16th Lieutenant Governor of British Columbia
- In office August 29, 1941 – October 1, 1946
- Monarch: George VI
- Governors General: The Earl of Athlone The Viscount Alexander of Tunis
- Premier: Duff Pattullo John Hart
- Preceded by: Eric Hamber
- Succeeded by: Charles Arthur Banks

Personal details
- Born: April 24, 1885 Gore Bay, Ontario
- Died: February 24, 1957 (aged 71) Hawaii, USA
- Spouse: Ruth Wynn-Johnson ​(m. 1921)​
- Relations: Charles A. Woodward (father)
- Children: Charles N. "Chunky" Woodward Sydney Elizabeth “Fifi” Russ
- Occupation: Businessman
- Profession: Politician

= William Culham Woodward =

Canadian businessman (1885–1957)

William Culham Woodward, also known as Billy Woodward and Willy Woodward, (April 24, 1885 - February 24, 1957) was a member of a successful merchandising family in Vancouver, British Columbia, Canada. Heir to the Woodward's department store chain founded by his father Charles A. Woodward in 1891, he started out in 1907 as a bookkeeper for the store, ultimately rising to become company president in 1937 upon his father's death. He was succeeded in that capacity by his son, Charles N. "Chunky" Woodward in 1956.

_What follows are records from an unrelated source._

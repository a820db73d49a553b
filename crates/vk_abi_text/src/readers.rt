//! An ABI text read back, line by line.
ghost use Rattle.std.specs.Prelude.{◌≡◌, ◌<◌, ◌+◌, ◌^◌, ◌↔◌, List, ℕ, [], IfOk, IfSome, IsTrue, false, true};
ghost use Rattle.std.specs.Prelude.{MatchOption, length, map};
ghost use Rattle.std.specs.List.{Contains};
ghost use Rattle.vk_spec.specs.Manifests.{core};
ghost use Rattle.vk_base.specs.FeatureViews.{feature_view};
ghost use Rattle.vk_base.specs.Paths.{Lacks};
ghost use Rattle.vk_base.specs.Stops.{fault_in};
ghost use Rattle.vk_forms.specs.Lines.{IsLineText, NoLine};
ghost use Rattle.vk_abi_text.specs.Adding.{CountsLast, Led, gathering_view, IsInputOf};
ghost use Rattle.vk_abi_text.specs.Lines.{first_text};
ghost use Rattle.vk_abi_text.specs.Readings.{AreAll, Ends, IsRefusedAt};
ghost use Rattle.vk_abi_text.specs.Views.{input_view, line_in};

use crate::gathering::{Gathering, follow};
use crate::inputs::AbiInput;
use std::alloc::Global;
use vk_base::{FeatureName, Memory, Unread};
use vk_forms::{cut_line, next_line};

/// Why bytes are no ABI text.
#[derive(Clone, Copy, Debug, PartialEq, Eq, Drop)]
pub enum AbiFault {
    /// The first line, counted from 1, that breaks the rules: the number of lines and one more
    /// where a line or the last line feed is missing. Last bytes without a line feed are a line.
    Line { n: u32 },
}

fn refused(n: u32) -> Unread<AbiFault>
    ensures { IfSome (fault_in result) (λ fault. line_in fault ≡ n) }
{
    Unread::Fault(AbiFault::Line { n })
}

// Whether `core` is among these features.
fn has_core(features: &[FeatureName]) -> bool
    ensures { IsTrue result ↔ Contains (map feature_view features.now) core }
{
    for feature in features {
        if feature.as_str() == "core" {
            return true;
        }
    }
    false
}

// The input that was gathered; `None` where something lacks.
fn input_of(gathering: Gathering) -> Option<AbiInput>
    ensures { MatchOption result (AreAll (gathering_view gathering) → ⊥)
        (λ input. IsInputOf (gathering_view gathering) (input_view input)) }
{
    if !has_core(gathering.features.as_slice()) {
        drop(gathering);
        return None;
    }
    let Gathering {
        builder,
        deps,
        features,
        files,
        native,
        port,
        triplet,
        version,
    } = gathering;
    match (builder, native, port, triplet, version) {
        (Some(builder), Some(native), Some(port), Some((triplet, triplet_digest)), Some(version)) =>
            {
                Some(AbiInput {
                    builder,
                    port,
                    version,
                    features,
                    triplet,
                    triplet_digest,
                    native,
                    files,
                    deps,
                })
            }
        (builder, _, port, triplet, version) => {
            drop((builder, port, triplet, version));
            drop((deps, features, files));
            None
        }
    }
}

fn has_line_feed(bytes: &[u8]) -> bool
    ensures has { result ≡ true → Lacks 10 bytes.now → ⊥ }
    ensures lacks { result ≡ false → Lacks 10 bytes.now }
{
    match cut_line(bytes) {
        Some(_) => true,
        None => false,
    }
}

fn is_heading(bytes: &[u8]) -> bool
    ensures { IsTrue result ↔ (bytes.now ≡ first_text) }
{
    bytes == b"abi 2".as_slice()
}

// The text that these bytes are; `None` where they are none, or a line feed is among them.
fn last_line(bytes: &[u8]) -> Option<&str>
    ensures { MatchOption result (IsLineText bytes.now → ⊥)
        (λ t. (t.now ≡ bytes.now) × IsLineText bytes.now) }
{
    if has_line_feed(bytes) {
        return None;
    }
    match str::from_utf8(bytes) {
        Ok(text) => Some(text),
        Err(_) => None,
    }
}

// The line that is refused where these last bytes lack their line feed: the one behind them where
// they are a line that comes next, else they.
fn unended(
    alloc: Global,
    gathering: &mut Gathering,
    last: &str,
    left: &[u8],
    number: u32,
) -> Result<u32, Memory>
    requires { number + 1 < 2 ^ 32 }
    ensures { IfOk result (CountsLast last.now left.now (gathering_view gathering.old) number) }
{
    let Some(text) = last_line(left) else {
        return Ok(number);
    };
    if follow(alloc, gathering, last, text)? {
        return Ok(number + 1);
    }
    Ok(number)
}

// The input that was gathered of a whole text; so many is the line behind the last.
fn whole(gathering: Gathering, number: u32) -> Result<AbiInput, Unread<AbiFault>>
    ensures { (bytes last : List ℕ) → Led bytes (gathering_view gathering) last [] number
        → Ends bytes result }
{
    match input_of(gathering) {
        Some(input) => Ok(input),
        None => Err(refused(number)),
    }
}

// What bytes come to of which the lines are read, the last of which has this text; this is left of
// them, and so many is the next line.
fn finish(
    alloc: Global,
    gathering: Gathering,
    last: &str,
    left: &[u8],
    number: u32,
) -> Result<AbiInput, Unread<AbiFault>>
    requires none { NoLine left.now }
    requires room { number + length left.now < 2 ^ 32 }
    ensures { (bytes : List ℕ) → Led bytes (gathering_view gathering) last.now left.now number
        → Ends bytes result }
{
    if left.is_empty() {
        return whole(gathering, number);
    }
    let mut gathered = gathering;
    let refusal = unended(alloc, &mut gathered, last, left, number);
    drop(gathered);
    Err(refused(refusal?))
}

// The line that is refused where there is none: the second where the first lacks its end alone.
fn unbegun(bytes: &[u8]) -> u32
    requires { NoLine bytes.now }
    ensures { IsRefusedAt bytes.now result }
{
    if is_heading(bytes) {
        return 2;
    }
    1
}

/// The input of which these bytes are the text, its lists in the order of their lines. `Line` comes
/// exactly where they are no ABI text of an input whose paths have at most 4,096 bytes, with the
/// first line that breaks the rules.
pub fn read_abi(alloc: Global, bytes: &[u8]) -> Result<AbiInput, Unread<AbiFault>>
    requires { length bytes.now < 2 ^ 32 }
    ensures { Ends bytes.now result }
{
    let Some((heading, rest)) = next_line(bytes) else {
        return Err(refused(unbegun(bytes)));
    };
    if heading != "abi 2" {
        return Err(refused(1));
    }
    let mut gathering = Gathering::new(alloc);
    let mut last = "";
    let mut number = 2;
    let mut left = rest;
    while let Some((line, more)) = next_line(left) {
        match follow(alloc, &mut gathering, last, line) {
            Ok(true) => {}
            Ok(false) => {
                drop(gathering);
                return Err(refused(number));
            }
            Err(memory) => {
                drop(gathering);
                return Err(Unread::from(memory));
            }
        }
        last = line;
        number += 1;
        left = more;
    }
    finish(alloc, gathering, last, left, number)
}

Among the many other positions Woodward held were Charter Member of the Board of the Bank of Canada from its founding in March, 1935; President of the Vancouver Board of Trade; Life Governor of the Vancouver General Hospital; Founder and Patron of the Vancouver Little Theatre. During World War I, he served overseas in the First Canadian Heavy Artillery. Woodward was, like his father, a member of the Grand Lodge of British Columbia and Yukon of the International Order of Freemasonry.

Woodward served as the 16th Lieutenant Governor of British Columbia from 1941 to 1946.